4. Explain the elements that you would ask for in taking a social disadvantage snapshot
and why they are relevant to health care delivery.
ANSWER: MESSST
Money: Self-evidently, someone with reduced financial means may have difficulty
affording medications or the cost of health care, if it isn’t bulk-billed. People with family
obligations and reduced financial means often have to make choices about whether they
expend money on their own health. This part of the interview should ask them the source
of their income – Centrelink, or work. If the patient works, find out if it’s casual, parttime or full-time. Casual workers are often likely to prioritise working above resting if ill
because they won’t have sick leave.
Education: Education levels are reflected in a patient’s ability to read, understand and
follow treatment plans.
Shelter: Patients with no fixed accommodation are at serious health risk. (in the ACT,
these people won’t be living rough over winter, but rather couch-surfing every night).

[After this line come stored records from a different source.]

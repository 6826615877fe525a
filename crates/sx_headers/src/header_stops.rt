//! The stops of headers and interfaces that are refused.

ghost use Rattle.std.specs.Prelude.{◌≡◌, IfOk, Some};
ghost use Rattle.sx_headers.specs.HeaderStops as stops;

use std::alloc::Global;
use sx_interface::HeaderError;
use sx_steps::{Stop, refused, refused_at};
use sx_term::{NoMemory, Text};
use sx_words::{Defect, FileDefect, Position};

/// The refusal of a header for this line.
pub fn bad_line_of_header(alloc: Global, file: &Text, line: u32) -> Result<Stop, NoMemory>
    ensures { IfOk result (λ stop. stop ≡ stops.bad_header file.now line) }
{
    refused_at(
        alloc,
        file,
        Position::Line(line),
        Defect::File(FileDefect::Header),
    )
}

/// The refusal of bytes without a header, or without an interface.
pub fn bad_header(alloc: Global, file: &Text, error: HeaderError) -> Result<Stop, NoMemory>
    ensures { IfOk result (λ stop. stops.header_stop file.now error ≡ Some stop) }
{
    match error {
        HeaderError::Memory => Err(NoMemory::Memory),
        HeaderError::NotUtf8(before) => refused(
            alloc,
            file,
            Defect::File(FileDefect::NotUtf8(before as u64)),
        ),
        HeaderError::Header(line) => bad_line_of_header(alloc, file, line),
        HeaderError::Version(number) => refused(
            alloc,
            file,
            Defect::File(FileDefect::Version(number)),
        ),
    }
}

The ACT has a lot of very substandard, near-slum rental properties – including the public
rental accommodation in the inner city and the boarding houses which stretch along
Northbourne Avenue as you drive into Canberra down the Federal Highway. People in
these houses have higher risks of being exposed to violence, and to extreme cold and
mould over winter. The internal temperature of some of the ACT’s public rental
properties drops to -6 degrees overnight in winter.
Someone to look after you This is of relevance because if there’ s no one to look after you
when you’re unwell (eg a family member or friend) then you are likely to have more
difficulty accessing health care.
Someone you have to look after. Many poor people also have very high carer burdens one of the features contributing to their poverty since it stops them from working or
studying. If you have a high carer burden you will often prioritise the health of those you
care for over your own – or be unable to seek care because you can’t cart around all the
children you look after on public transport.
Transport. If you can’t run your own car, in many cities, including Canberra, accessing
health care will be difficult. Many people in Canberra regularly spend 2-3 hours on
public transport every day travelling a distance that would take about 20 minutes to drive.